About this exercise
State how many lines in these records contain the word "AreaFaults", and nothing else.

Data
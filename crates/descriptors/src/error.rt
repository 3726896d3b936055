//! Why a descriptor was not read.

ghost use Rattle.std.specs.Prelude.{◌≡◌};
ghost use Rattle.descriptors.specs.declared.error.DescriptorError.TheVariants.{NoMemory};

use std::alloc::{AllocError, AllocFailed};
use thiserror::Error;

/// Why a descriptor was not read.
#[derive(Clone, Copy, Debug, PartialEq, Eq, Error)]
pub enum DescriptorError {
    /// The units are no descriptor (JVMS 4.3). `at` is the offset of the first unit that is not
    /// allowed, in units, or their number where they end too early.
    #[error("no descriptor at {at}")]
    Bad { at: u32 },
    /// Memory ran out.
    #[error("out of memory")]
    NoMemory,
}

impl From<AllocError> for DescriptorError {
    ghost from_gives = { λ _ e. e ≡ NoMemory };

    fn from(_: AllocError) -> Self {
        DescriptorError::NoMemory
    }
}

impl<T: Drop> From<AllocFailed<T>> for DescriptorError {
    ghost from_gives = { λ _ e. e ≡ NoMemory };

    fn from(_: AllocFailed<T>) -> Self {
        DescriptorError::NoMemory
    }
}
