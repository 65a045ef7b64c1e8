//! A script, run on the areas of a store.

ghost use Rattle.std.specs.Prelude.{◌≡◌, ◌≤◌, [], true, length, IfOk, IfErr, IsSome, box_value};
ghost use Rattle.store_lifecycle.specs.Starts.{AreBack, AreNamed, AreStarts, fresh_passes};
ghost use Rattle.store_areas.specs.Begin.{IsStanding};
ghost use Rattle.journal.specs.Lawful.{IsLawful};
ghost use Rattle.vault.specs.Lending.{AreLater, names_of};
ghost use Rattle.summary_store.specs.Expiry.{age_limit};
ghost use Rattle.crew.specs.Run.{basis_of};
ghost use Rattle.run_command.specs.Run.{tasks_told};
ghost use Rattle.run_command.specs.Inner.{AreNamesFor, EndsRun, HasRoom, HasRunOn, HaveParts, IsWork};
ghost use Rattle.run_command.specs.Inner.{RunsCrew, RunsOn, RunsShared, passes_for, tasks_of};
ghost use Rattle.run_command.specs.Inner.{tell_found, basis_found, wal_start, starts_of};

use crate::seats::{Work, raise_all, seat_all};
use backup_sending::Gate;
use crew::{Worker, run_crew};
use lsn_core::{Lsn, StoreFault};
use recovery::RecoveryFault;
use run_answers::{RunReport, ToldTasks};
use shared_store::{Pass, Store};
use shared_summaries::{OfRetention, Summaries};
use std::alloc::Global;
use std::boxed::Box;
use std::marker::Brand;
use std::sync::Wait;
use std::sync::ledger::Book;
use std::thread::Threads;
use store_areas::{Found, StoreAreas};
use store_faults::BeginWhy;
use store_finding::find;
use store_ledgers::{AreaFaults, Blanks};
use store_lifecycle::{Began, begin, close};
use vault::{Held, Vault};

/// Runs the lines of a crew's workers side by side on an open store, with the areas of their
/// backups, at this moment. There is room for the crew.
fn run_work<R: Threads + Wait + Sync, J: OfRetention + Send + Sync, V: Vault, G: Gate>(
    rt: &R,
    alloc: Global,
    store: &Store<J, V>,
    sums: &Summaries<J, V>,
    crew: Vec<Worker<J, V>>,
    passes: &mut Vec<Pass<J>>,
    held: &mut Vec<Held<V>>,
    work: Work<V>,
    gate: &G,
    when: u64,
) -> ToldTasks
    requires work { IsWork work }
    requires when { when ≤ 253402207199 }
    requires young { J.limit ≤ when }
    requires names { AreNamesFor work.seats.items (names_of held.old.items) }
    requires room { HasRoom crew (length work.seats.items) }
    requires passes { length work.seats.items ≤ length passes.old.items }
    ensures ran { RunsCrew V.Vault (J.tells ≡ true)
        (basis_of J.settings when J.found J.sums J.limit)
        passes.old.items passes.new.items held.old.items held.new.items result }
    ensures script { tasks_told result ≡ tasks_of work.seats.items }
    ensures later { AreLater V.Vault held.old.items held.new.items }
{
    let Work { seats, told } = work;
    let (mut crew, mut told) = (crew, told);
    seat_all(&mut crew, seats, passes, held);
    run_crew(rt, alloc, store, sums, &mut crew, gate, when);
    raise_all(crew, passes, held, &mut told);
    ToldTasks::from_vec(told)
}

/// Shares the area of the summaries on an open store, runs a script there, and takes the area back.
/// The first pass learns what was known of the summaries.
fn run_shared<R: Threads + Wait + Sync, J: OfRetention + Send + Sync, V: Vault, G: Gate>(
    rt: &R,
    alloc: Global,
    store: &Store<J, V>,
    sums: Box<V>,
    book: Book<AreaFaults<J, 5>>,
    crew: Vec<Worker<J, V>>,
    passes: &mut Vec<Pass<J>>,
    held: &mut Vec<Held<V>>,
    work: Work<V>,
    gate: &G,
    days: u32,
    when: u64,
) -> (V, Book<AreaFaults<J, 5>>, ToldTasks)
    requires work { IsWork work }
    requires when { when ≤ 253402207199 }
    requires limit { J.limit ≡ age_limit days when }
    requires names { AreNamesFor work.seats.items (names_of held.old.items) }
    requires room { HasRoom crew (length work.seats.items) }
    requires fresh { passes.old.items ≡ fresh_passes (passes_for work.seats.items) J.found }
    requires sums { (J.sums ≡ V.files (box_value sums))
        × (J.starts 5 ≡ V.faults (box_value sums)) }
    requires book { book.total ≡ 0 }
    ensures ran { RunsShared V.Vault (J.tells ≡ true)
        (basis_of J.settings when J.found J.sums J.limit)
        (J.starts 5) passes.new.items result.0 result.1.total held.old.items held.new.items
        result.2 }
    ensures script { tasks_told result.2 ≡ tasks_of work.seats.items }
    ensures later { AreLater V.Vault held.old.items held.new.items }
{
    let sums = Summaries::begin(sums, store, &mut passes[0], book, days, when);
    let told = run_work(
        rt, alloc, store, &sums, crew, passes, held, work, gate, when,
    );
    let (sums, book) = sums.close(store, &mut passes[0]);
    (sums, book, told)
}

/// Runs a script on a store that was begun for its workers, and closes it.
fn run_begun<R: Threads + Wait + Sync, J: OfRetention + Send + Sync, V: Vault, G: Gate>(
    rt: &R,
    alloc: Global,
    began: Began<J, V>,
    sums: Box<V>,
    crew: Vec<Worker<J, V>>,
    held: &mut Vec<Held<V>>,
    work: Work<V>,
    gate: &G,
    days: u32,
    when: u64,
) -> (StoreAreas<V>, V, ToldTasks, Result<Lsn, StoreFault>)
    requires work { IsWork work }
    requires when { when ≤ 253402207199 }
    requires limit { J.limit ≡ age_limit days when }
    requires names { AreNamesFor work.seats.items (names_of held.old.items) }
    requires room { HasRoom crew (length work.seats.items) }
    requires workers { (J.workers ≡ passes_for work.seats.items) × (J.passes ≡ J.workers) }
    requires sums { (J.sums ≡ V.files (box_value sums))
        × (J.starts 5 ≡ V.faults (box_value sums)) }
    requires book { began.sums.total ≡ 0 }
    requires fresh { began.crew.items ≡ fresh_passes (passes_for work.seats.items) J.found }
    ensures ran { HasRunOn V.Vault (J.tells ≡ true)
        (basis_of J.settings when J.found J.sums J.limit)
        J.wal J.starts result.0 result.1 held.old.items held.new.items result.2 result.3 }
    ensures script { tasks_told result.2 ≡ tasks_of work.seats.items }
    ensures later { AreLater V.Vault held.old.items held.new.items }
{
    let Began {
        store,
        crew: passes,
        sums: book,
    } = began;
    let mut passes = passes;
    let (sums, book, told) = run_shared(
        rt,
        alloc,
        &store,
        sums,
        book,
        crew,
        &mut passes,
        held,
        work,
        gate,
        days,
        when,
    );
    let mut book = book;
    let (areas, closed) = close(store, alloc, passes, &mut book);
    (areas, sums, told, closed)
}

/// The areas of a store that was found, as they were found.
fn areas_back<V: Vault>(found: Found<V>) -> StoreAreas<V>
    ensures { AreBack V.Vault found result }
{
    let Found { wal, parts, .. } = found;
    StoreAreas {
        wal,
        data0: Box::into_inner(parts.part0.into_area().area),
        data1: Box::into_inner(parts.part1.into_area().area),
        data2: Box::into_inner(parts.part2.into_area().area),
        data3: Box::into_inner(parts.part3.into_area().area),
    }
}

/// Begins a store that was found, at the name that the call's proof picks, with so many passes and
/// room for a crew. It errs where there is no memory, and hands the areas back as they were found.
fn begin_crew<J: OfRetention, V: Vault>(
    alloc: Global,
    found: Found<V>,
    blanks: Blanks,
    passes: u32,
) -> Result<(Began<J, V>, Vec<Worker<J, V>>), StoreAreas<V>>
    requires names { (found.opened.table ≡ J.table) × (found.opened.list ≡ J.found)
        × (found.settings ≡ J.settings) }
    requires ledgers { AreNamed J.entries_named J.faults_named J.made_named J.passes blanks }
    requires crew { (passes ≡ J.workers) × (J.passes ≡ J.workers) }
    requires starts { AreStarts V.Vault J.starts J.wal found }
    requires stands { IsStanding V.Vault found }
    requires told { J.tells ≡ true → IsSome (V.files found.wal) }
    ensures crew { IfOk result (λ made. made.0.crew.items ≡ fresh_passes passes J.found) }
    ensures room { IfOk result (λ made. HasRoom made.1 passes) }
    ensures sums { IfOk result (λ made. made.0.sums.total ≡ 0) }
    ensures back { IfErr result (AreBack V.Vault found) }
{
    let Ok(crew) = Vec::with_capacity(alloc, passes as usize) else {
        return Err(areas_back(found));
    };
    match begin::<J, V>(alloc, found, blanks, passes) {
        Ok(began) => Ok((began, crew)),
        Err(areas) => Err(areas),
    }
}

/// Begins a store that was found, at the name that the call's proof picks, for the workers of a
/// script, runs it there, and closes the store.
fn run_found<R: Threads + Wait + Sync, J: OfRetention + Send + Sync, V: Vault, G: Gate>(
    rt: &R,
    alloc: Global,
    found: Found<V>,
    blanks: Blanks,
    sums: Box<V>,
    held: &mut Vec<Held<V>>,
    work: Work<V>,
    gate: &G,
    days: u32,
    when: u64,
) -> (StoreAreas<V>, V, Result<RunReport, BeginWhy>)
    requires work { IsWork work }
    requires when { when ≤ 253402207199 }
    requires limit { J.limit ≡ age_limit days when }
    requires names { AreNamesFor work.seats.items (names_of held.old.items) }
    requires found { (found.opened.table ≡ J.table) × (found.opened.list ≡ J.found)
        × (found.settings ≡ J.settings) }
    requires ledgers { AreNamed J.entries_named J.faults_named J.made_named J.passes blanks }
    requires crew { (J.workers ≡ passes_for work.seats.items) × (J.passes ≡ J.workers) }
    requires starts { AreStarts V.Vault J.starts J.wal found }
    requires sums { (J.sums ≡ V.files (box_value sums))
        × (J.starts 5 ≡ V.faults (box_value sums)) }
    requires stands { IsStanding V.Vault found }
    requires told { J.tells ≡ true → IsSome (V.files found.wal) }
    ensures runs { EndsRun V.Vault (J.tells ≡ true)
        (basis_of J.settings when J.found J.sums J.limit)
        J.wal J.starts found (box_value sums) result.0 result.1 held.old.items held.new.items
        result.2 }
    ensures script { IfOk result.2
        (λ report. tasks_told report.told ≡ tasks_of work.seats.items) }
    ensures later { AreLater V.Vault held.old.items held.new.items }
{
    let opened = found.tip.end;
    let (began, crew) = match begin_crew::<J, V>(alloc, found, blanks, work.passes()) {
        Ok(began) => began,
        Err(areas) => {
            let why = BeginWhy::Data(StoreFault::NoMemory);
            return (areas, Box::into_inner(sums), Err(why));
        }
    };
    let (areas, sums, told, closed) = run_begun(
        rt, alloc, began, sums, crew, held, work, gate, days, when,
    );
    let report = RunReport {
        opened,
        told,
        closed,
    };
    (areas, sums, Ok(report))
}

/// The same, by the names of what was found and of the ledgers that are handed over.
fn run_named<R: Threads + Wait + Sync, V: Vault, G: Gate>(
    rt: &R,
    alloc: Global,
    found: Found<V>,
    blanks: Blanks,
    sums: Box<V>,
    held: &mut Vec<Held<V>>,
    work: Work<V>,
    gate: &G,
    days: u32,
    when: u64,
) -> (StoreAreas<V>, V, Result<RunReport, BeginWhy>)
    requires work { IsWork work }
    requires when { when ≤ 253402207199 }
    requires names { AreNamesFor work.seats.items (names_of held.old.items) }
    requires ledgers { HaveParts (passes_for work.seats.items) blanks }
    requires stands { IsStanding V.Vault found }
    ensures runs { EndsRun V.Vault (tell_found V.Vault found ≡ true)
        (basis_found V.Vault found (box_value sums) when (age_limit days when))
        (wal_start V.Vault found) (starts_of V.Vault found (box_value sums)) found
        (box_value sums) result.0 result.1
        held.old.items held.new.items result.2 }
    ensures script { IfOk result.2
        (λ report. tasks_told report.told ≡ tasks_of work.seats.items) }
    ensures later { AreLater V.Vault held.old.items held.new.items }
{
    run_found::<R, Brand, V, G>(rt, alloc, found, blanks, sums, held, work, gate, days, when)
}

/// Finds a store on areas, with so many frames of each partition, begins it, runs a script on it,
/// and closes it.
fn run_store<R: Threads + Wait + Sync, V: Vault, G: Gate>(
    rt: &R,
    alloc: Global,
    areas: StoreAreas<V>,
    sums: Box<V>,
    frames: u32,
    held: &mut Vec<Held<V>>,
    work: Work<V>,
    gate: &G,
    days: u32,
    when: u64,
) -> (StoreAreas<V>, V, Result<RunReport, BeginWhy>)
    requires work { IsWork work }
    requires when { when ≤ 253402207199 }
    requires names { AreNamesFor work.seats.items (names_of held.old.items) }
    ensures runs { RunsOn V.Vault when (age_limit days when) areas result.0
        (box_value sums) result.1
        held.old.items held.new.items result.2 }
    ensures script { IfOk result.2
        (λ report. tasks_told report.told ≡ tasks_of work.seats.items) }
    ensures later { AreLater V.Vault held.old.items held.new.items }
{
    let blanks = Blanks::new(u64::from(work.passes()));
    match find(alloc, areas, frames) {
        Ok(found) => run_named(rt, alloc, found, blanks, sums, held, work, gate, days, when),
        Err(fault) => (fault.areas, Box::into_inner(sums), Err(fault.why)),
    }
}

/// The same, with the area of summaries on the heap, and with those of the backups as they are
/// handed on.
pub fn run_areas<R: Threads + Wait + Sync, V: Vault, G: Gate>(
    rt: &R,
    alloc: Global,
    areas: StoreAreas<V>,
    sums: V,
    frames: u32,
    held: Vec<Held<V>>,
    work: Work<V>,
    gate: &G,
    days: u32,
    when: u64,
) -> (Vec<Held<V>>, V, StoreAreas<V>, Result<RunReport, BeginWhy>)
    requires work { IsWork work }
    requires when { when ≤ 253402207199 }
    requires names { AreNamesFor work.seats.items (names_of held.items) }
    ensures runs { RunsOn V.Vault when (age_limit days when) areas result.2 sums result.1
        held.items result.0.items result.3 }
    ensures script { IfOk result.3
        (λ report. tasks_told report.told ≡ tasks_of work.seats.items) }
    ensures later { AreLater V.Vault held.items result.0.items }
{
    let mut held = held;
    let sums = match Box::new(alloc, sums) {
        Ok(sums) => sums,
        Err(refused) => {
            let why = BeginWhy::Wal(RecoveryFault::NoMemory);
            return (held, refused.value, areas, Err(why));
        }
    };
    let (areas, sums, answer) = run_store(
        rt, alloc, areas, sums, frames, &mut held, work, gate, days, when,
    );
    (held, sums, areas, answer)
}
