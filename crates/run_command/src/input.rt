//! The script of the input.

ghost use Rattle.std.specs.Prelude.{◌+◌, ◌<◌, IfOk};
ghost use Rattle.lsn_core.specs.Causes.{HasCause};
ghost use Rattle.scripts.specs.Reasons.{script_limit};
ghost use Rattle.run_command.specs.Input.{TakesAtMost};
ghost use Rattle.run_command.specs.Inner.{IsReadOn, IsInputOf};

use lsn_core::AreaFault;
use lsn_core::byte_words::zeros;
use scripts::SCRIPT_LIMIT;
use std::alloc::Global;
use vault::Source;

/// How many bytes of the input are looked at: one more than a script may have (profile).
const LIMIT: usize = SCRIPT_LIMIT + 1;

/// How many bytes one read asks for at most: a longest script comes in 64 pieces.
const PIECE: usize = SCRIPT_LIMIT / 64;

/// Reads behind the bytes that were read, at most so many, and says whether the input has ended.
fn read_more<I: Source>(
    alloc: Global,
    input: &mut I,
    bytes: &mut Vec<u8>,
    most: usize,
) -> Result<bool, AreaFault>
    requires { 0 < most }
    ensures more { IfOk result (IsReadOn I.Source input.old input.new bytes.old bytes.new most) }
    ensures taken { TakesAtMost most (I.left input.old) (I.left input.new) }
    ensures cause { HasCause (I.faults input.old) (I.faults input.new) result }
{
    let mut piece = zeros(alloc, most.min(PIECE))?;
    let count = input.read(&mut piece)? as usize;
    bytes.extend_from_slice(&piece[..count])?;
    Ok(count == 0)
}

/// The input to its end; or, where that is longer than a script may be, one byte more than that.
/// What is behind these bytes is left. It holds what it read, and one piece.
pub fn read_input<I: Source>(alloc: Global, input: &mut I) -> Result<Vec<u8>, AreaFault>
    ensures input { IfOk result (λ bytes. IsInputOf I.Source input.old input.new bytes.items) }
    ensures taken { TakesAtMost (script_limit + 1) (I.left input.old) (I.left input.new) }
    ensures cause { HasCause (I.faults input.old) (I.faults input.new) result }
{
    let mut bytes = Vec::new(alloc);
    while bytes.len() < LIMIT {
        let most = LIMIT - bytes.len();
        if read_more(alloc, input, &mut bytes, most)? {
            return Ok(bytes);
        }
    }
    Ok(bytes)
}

Solution
3